The best configuration, method and the like for carrying out the present invention have been disclosed in the above description, but the present invention is not limited to this.
That is, the present invention has been particularly shown and described with respect to particular embodiments, but is not limited to the embodiments described above without departing from the scope and spirit of the present invention. Various modifications may be made by those skilled in the art in terms of position, orientation, and other detailed configurations.
Therefore, the description limited to the shape disclosed above is an example for easy understanding of the present invention, and does not limit the present invention. The description in the name of the member excluding a part or all of the limitation is included in the present invention.

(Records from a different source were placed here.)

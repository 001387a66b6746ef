//! Messages, and the first part of one that breaks a rule.
use bh_base::NoMemory;
use bh_model::{Bytes, Control, Fields, Interim, Interims, Kind, Message, Part};
use std::alloc::Global;
use std::test::Fail;

/// The lines as a section.
fn section(alloc: Global, lines: &[(&str, &str)]) -> Result<Fields, Fail> {
    let mut fields = Fields::with_room(alloc, 300, 100)?;
    for (name, value) in lines {
        let (name, value) = (name.as_bytes(), value.as_bytes());
        if name.is_empty() || name.len() > 99 || value.len() > 99 {
            return Err("not a line".into());
        }
        if fields.spare() < name.len() + value.len() + 2 || fields.free() < 1 {
            return Err("no room".into());
        }
        fields.push_line(name, value);
    }
    Ok(fields)
}

fn bytes(alloc: Global, text: &str) -> Result<Bytes, NoMemory> {
    Bytes::from_slice(alloc, text.as_bytes())
}

fn control(
    alloc: Global,
    method: &str,
    scheme: &str,
    authority: &str,
    path: &str,
) -> Result<Control, NoMemory> {
    Ok(Control {
        method: bytes(alloc, method)?,
        scheme: bytes(alloc, scheme)?,
        authority: bytes(alloc, authority)?,
        path: bytes(alloc, path)?,
    })
}

/// Each whole line behind a bar.
fn shown(alloc: Global, fields: &Fields) -> Result<Vec<u8>, NoMemory> {
    let mut text = Vec::new(alloc);
    for i in 0..fields.len() {
        let (name, value) = fields.line(i);
        text.extend_from_slice(b"|")?;
        text.extend_from_slice(name)?;
        text.extend_from_slice(b"=")?;
        text.extend_from_slice(value)?;
    }
    Ok(text)
}

/// The request, or the first part that breaks its rule.
fn make_request(
    control: Control,
    fields: Fields,
    content: Bytes,
    trailers: Fields,
) -> Result<Message, Part> {
    Message::request(control, fields, content, trailers)
}

/// The response, or the first part that breaks its rule.
fn make_response(
    interims: Interims,
    status: u16,
    fields: Fields,
    content: Bytes,
    trailers: Fields,
) -> Result<Message, Part> {
    Message::response(interims, status, fields, content, trailers)
}

fn add(interims: &mut Interims, status: u16, fields: Fields) -> Result<(), NoMemory> {
    interims.push(Interim { status, fields })
}

/// Interim responses without lines, of these statuses.
fn interims_of(alloc: Global, statuses: &[u16]) -> Result<Interims, Fail> {
    let mut interims = Interims::none(alloc);
    for &status in statuses {
        add(&mut interims, status, section(alloc, &[])?)?;
    }
    Ok(interims)
}

fn small_request(alloc: Global) -> Result<Message, Fail> {
    let control = control(alloc, "GET", "https", "a", "/")?;
    let fields = section(alloc, &[(":p", "1"), ("Host", "a")])?;
    let content = bytes(alloc, "body")?;
    let trailers = section(alloc, &[("b", "2")])?;
    match make_request(control, fields, content, trailers) {
        Ok(message) => Ok(message),
        Err(_) => Err("a valid request".into()),
    }
}

fn small_response(alloc: Global) -> Result<Message, Fail> {
    let interims = interims_of(alloc, &[103])?;
    let fields = section(alloc, &[("a", "b")])?;
    let content = bytes(alloc, "")?;
    let trailers = section(alloc, &[])?;
    match make_response(interims, 200, fields, content, trailers) {
        Ok(message) => Ok(message),
        Err(_) => Err("a valid response".into()),
    }
}

/// What it is, whether it has control data, its status, and whether it has interim responses.
fn start_of(message: &Message) -> (Kind, bool, Option<u16>, bool) {
    let (control, interims) = (message.control(), message.interims());
    (
        message.kind(),
        control.is_some(),
        message.status(),
        interims.is_some(),
    )
}

fn start_of_request(alloc: Global) -> Result<(Kind, bool, Option<u16>, bool), Fail> {
    Ok(start_of(&small_request(alloc)?))
}

fn start_of_response(alloc: Global) -> Result<(Kind, bool, Option<u16>, bool), Fail> {
    Ok(start_of(&small_response(alloc)?))
}

#[test]
fn a_request_has_control_data(rt: HostRuntime) -> Result<(), Fail> {
    let start = start_of_request(rt.alloc())?;
    assert_eq!(rt; start, (Kind::Request, true, None, false));
    Ok(())
}

#[test]
fn a_response_has_interims(rt: HostRuntime) -> Result<(), Fail> {
    let start = start_of_response(rt.alloc())?;
    assert_eq!(rt; start, (Kind::Response, false, Some(200), true));
    Ok(())
}

fn header_of(message: &Message) -> &Fields {
    message.fields()
}

fn content_of(message: &Message) -> &[u8] {
    message.content().as_slice()
}

fn trailers_of(message: &Message) -> &Fields {
    message.trailers()
}

/// The lines of a header section, and the content and the trailer section, each behind a blank.
fn shown_rest(
    alloc: Global,
    header: &Fields,
    content: &[u8],
    trailers: &Fields,
) -> Result<Vec<u8>, NoMemory> {
    let mut text = shown(alloc, header)?;
    text.extend_from_slice(b" ")?;
    text.extend_from_slice(content)?;
    text.extend_from_slice(b" ")?;
    text.extend_from_slice(&shown(alloc, trailers)?)?;
    Ok(text)
}

fn rest_of(alloc: Global, message: &Message) -> Result<Vec<u8>, NoMemory> {
    shown_rest(
        alloc,
        header_of(message),
        content_of(message),
        trailers_of(message),
    )
}

fn rest_of_request(alloc: Global) -> Result<Vec<u8>, Fail> {
    let message = small_request(alloc)?;
    Ok(rest_of(alloc, &message)?)
}

#[test]
fn a_request_has_sections_and_content(rt: HostRuntime) -> Result<(), Fail> {
    let text = rest_of_request(rt.alloc())?;
    assert_eq!(rt; text.as_slice(), b"|:p=1|host=a body |b=2".as_slice());
    Ok(())
}

/// The statuses of interim responses of these statuses.
fn statuses(alloc: Global, wanted: &[u16]) -> Result<Vec<u16>, Fail> {
    let interims = interims_of(alloc, wanted)?;
    let mut seen = Vec::new(alloc);
    for i in 0..interims.len() {
        seen.push(interims.at(i).status)?;
    }
    Ok(seen)
}

#[test]
fn interims_stand_in_their_order(rt: HostRuntime) -> Result<(), Fail> {
    let (none, two) = (
        statuses(rt.alloc(), &[])?,
        statuses(rt.alloc(), &[100, 103])?,
    );
    assert_eq!(rt; (none.len(), two.as_slice()), (0, [100, 103].as_slice()));
    Ok(())
}

/// The first part that breaks its rule in a request of this scheme with a line in each section.
fn broken_request(
    alloc: Global,
    scheme: &str,
    header: (&str, &str),
    trailer: (&str, &str),
) -> Result<Option<Part>, Fail> {
    let control = control(alloc, "GET", scheme, "", "/")?;
    let fields = section(alloc, &[header])?;
    let trailers = section(alloc, &[trailer])?;
    Ok(make_request(control, fields, bytes(alloc, "")?, trailers).err())
}

/// A section with a line that was only begun.
fn begun(alloc: Global) -> Result<Fields, NoMemory> {
    let mut fields = Fields::with_room(alloc, 10, 3)?;
    fields.start_line();
    Ok(fields)
}

/// The first part that breaks its rule in a request with such a section.
fn begun_request(alloc: Global) -> Result<Option<Part>, Fail> {
    let control = control(alloc, "GET", "https", "", "/")?;
    let (fields, trailers) = (begun(alloc)?, section(alloc, &[])?);
    Ok(make_request(control, fields, bytes(alloc, "")?, trailers).err())
}

#[test]
fn a_request_breaks_at_its_first_part(rt: HostRuntime) -> Result<(), Fail> {
    let alloc = rt.alloc();
    for (scheme, header, trailer, broken) in [
        ("https", ("a", "b"), ("a", "b"), None),
        ("HTTPS", ("a b", "b"), ("a", " b"), Some(Part::Scheme)),
        ("https", ("a", " b"), (":a", ""), Some(Part::Value)),
        ("https", (":a", ""), (":a", ""), Some(Part::Name)),
        ("https", ("a", "b"), ("a", "b\n"), Some(Part::Value)),
    ] {
        let found = broken_request(alloc, scheme, header, trailer)?;
        assert_eq!(rt; found, broken, "{scheme} {header:?} {trailer:?}");
    }
    let found = begun_request(alloc)?;
    assert_eq!(rt; found, Some(Part::Name), "a line that was begun");
    Ok(())
}

/// The first part that breaks its rule in a response of this status behind one of an interim response with a line.
fn broken_response(
    alloc: Global,
    interim: u16,
    line: (&str, &str),
    status: u16,
) -> Result<Option<Part>, Fail> {
    let mut interims = Interims::none(alloc);
    interims.push(Interim {
        status: interim,
        fields: section(alloc, &[line])?,
    })?;
    let (fields, trailers) = (section(alloc, &[])?, section(alloc, &[])?);
    Ok(make_response(interims, status, fields, bytes(alloc, "")?, trailers).err())
}

#[test]
fn a_response_breaks_at_its_first_part(rt: HostRuntime) -> Result<(), Fail> {
    let alloc = rt.alloc();
    for (interim, line, status, broken) in [
        (100, ("a", ""), 200, None),
        (199, (":a", ""), 599, None),
        (99, ("a", " "), 600, Some(Part::Status)),
        (200, ("a", ""), 200, Some(Part::Status)),
        (150, ("a", " "), 199, Some(Part::Value)),
        (150, (":status", ""), 199, Some(Part::Name)),
        (150, ("a", ""), 199, Some(Part::Status)),
        (150, ("a", ""), 600, Some(Part::Status)),
    ] {
        let found = broken_response(alloc, interim, line, status)?;
        assert_eq!(rt; found, broken, "{interim} {line:?} {status}");
    }
    Ok(())
}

  For example, in the above-described embodiment, the case where the cross placement is performed using the two reinforcing members 11 is illustrated and described, but at least one reinforcing member 11 is sufficient. In this case, the reinforcing material can be arranged along one diagonal direction of the base material P1 or arranged in a posture that is substantially parallel to one side of the base material in the central portion of the base material. Further, the reinforcing material 11 may be three or more. In short, in the present invention, it is only necessary to adopt a configuration that makes it difficult to vibrate by applying reinforcement on the lower surface side of the floor panel.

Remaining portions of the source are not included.